There are other decisions which have to be made which are not modeled here, such as how to
handle actual flow through of losses. Does the guarantee foster timely payment of principal and
interest, or does it just make sure that losses are covered at the point they are realized. How do
we compare what is good performance? Do we include defaults as prepayments with 100%
recover when looking at a good cash flow for comparison? All these affect performance and
return. It is important to note that cash flow timing for an overcollateralization scheme can be
much different than we have modelled here. Large waves of defaults can overwhelm the fund’s
resources if such is larger than anticipated at the fund’s creation.
6. Conclusion
Nicaragua has a climate conducive to agricultural production and an economy that is reliant on
agricultural industries. Growing production and increasing quality are key goals across sectors.

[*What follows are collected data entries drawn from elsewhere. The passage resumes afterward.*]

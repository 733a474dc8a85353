//! The numbers and the words of errors that no command prints. The others are in tests/program/messages.py and tests/program/copies.py.

use super::cases::{Case, all_hold};
use dp_heap::HeapError;
use dp_lpm::LpmError;
use dp_pcap::{Failed, PcapError};
use dp_pool::PoolError;
use dp_region::Memory;
use dp_zone::ZoneError;
use std::alloc::Global;
use std::fmt::Display;

/// Why a call is refused.
enum Cause {
    OfRegion,
    OfHeap(HeapError),
    OfZone(ZoneError),
    OfPool(PoolError),
    OfDevice,
    OfCapture(PcapError),
    OfRoutes(LpmError),
    OfTable,
    /// The name of a cause.
    Named(HeapError),
}

use Cause::{Named, OfCapture, OfDevice, OfHeap, OfPool, OfRegion, OfRoutes, OfTable, OfZone};
use HeapError::ZeroSize;
use PoolError::{BadCache, BadCount, BadSize, Zone};
use ZoneError::{BadLength, BadName, Exists, Full};

/// A cause, with its number and its words; or with its name.
struct Shown(Cause, &'static str);

/// The causes of each layer, in the order of their numbers. Those of regions, of devices and of tables have no number.
static CAUSES: [Shown; 19] = [
    Shown(OfRegion, "region 0: out of memory"),
    Shown(OfHeap(ZeroSize), "heap 1: the size is 0"),
    Shown(
        OfHeap(HeapError::BadAlign),
        "heap 2: the alignment is neither 0 nor a power of two",
    ),
    Shown(
        OfHeap(HeapError::NoRoom),
        "heap 3: no free element can hold the block",
    ),
    Shown(OfZone(BadName), "zone 1: bad zone name"),
    Shown(OfZone(BadLength), "zone 2: bad zone length"),
    Shown(OfZone(ZoneError::BadAlign), "zone 3: bad zone alignment"),
    Shown(OfZone(Exists), "zone 4: the zone exists"),
    Shown(OfZone(Full), "zone 5: too many zones"),
    Shown(OfZone(ZoneError::NoRoom), "zone 6: no room for the zone"),
    Shown(OfPool(BadCount), "pool 1: bad number of objects"),
    Shown(OfPool(BadSize), "pool 2: bad object size"),
    Shown(OfPool(BadCache), "pool 3: bad cache size"),
    Shown(OfPool(Zone(Full)), "pool 4: too many zones"),
    Shown(OfDevice, "device 0: the device failed"),
    Shown(OfCapture(PcapError::Write), "capture 9: the writer failed"),
    Shown(OfRoutes(LpmError::NoRule), "routes 5: no such rule"),
    Shown(OfTable, "table 0: not enough memory"),
    Shown(Named(ZeroSize), "ZeroSize"),
];

fn reads<E: Display>(alloc: Global, layer: &str, number: u8, error: &E, words: &str) -> bool {
    match format!(in alloc; "{layer} {number}: {error}") {
        Ok(text) => text.as_str() == words,
        Err(_) => false,
    }
}

fn is_named(alloc: Global, error: HeapError, name: &str) -> bool {
    match format!(in alloc; "{error:?}") {
        Ok(text) => text.as_str() == name,
        Err(_) => false,
    }
}

impl Case for Shown {
    fn holds(&self, alloc: Global) -> bool {
        let words = self.1;
        match &self.0 {
            OfRegion => reads(alloc, "region", 0, &Memory, words),
            OfHeap(error) => reads(alloc, "heap", error.number(), error, words),
            OfZone(error) => reads(alloc, "zone", error.number(), error, words),
            OfPool(error) => reads(alloc, "pool", error.number(), error, words),
            OfDevice => reads(alloc, "device", 0, &Failed, words),
            OfCapture(error) => reads(alloc, "capture", error.number(), error, words),
            OfRoutes(error) => reads(alloc, "routes", error.number(), error, words),
            OfTable => reads(alloc, "table", 0, &dp_lpm::Memory, words),
            Named(error) => is_named(alloc, *error, words),
        }
    }
}

#[test]
fn causes(rt: HostRuntime) {
    all_hold(&rt, rt.alloc(), &CAUSES);
}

The dairy industry particularly has room for tremendous gains through improving efficiency and
utilizing existing idle capacity. In order to improve dairy industry efficiency, farms must be
extended financing terms which aren’t so onerous as to make borrowing untenable. Basic
changes to production methods could drive large gains in productivity and prices earned per
46
volume of milk produced. Changes in the tax code could help encourage reinvestment of profits
into growing the business. Right now, large cooperatives are penalized.
The magnitude of asymmetric risk due to the informality of the sector is daunting for lenders.
Plans to spur lending to improve production must include plans to reduce risk and costs to
lenders, allowing them to charge lower rates for longer terms. A dynamically structured partial
credit guarantee may allow more efficient use of guarantee funds and allow the offeror of funds
an opportunity to make an outsized return in exchange for assuming a leveraged exposure to
losses. Servicing loans through milk collection provides a low cost alternative to more
expensive servicing techniques of MFIs. Innovative servicing initiatives could make a big
difference in overall borrowing costs.
The rewards for successfully improving production quality and volume are obvious – access to
export markets and more competition among downstream buyers. Such should hopefully lead to
better prices earned for milk produced. Transitions to larger volumes of Grade A milk could
achieve the goal of broader market access and better revenue. In order to get there, producers
much have the means to consistently produce a superior product; they are unlikely to get there
without access to long term, low interest loans. Improved revenues will benefit the whole “Via
Lactea” region, up and down the value chain.